The refrigerator in the test-bed we are designing uses very basic hysteresis control (also known as on-off or bang-bang control). The thermostat, when warmed-up to the set-point temperature mechanically closes the circuit which starts the compressor. When the temperature drops below the desired set-point the thermostat opens and the compressor stops.

We will modify this basic electro-mechanical subsystem to provide computerized control. The new schematic is shown in figure 1.

Modifying the electrical circuit of the refrigerator is very simple and requires cutting the wire from the thermostat to the power connector and rewiring the compressor terminals. The process and the end-result are shown in the following photos:

The relay-board which is off-the shelf and is put in an aluminum box for electrical protection as shown below:

In the relay-board as well as everywhere else it is extremely important to do proper earthing. The reason for this is beyond safety: lack of good earthing can cause Electromagnetic Interference (EMI) problems. Finally, this is the Arduino shield which has all Arduino connectors for the refrigerator test-bed:

In the photo of the Arduino shield we can also see the current limiting resistors (for the thermostat and temperature sensors) and Light Emitting Diodes (LEDs) that provide basic indication for the health and operation of the test-bed.
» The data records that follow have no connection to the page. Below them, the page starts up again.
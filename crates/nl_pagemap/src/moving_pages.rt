// No name of the device ever leads elsewhere, so it has nothing to move: the block of numbers that stays unused is in hand for good.
ghost use Rattle.std.specs.Prelude.{refl, Some};
ghost use Rattle.nl_pagemap.specs.Mapped.{last_block};

use crate::pagemap::Pagemap;
use nl_field::Pointer;
use nl_iface::{Callback, Copying, Erasing, MovingPages};
use nl_nand::Nand;

/// The last block of numbers is in hand for good, and none of its numbers is in use: nothing is copied, and its erase is refused. No
/// callback is ever posted.
impl<M: Nand> MovingPages for Pagemap<M> {
    ghost victim = { λ d. Some (last_block d.shape) };

    ghost most_dead = { λ d block. ⊥ };

    ghost coldest = { λ d block. ⊥ };

    ghost blank = { λ d p. ⊥ };

    ghost in_hand = { λ d. refl };

    ghost unpaired = { λ d f none c has. has };

    ghost none_bad = { λ d. refl };

    fn level(&mut self) -> bool {
        false
    }

    fn copy(&mut self) -> Copying {
        Copying::Nothing
    }

    fn erase(&mut self) -> Erasing {
        self.refused = self.refused.saturating_add(1);
        Erasing::Fault
    }

    fn callback(&self, number: u64) -> Option<Callback> {
        let _ = number;
        None
    }

    fn posted(&self) -> u64 {
        0
    }

    fn least(&self) -> Option<u64> {
        None
    }

    fn handled(&mut self, number: u64, transaction: u64) -> bool {
        let _ = (number, transaction);
        false
    }

    fn acknowledge(&mut self, upto: u64) {
        let _ = upto;
    }

    fn pairs(&self) -> u32 {
        0
    }

    fn next_stamp(&self) -> u64 {
        self.next
    }

    fn is_live(&self, at: Pointer) -> bool {
        self.leads(at)
    }

    fn free_blocks(&self) -> u32 {
        self.free
    }

    fn stands(&self) {}
}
In our more modern Arduino shields we use Liquid Crystal Displays (LCDs) as they are also very cheap and easy to program.

By applying the modification described above, we can (1) change the type of control for this refrigerator and (2) inject failures. One of the possible changes in the control is to use different sensor instead of the existing thermostat control (for example a digital temperature sensor). More relevant to our goal is the ability to inject and retract thermostat open-circuits and short-circuits. Another failure is modifying the hysteresis time. We will have detailed discussion on the type of failure injections once we discuss the design of the benchmark scenarios.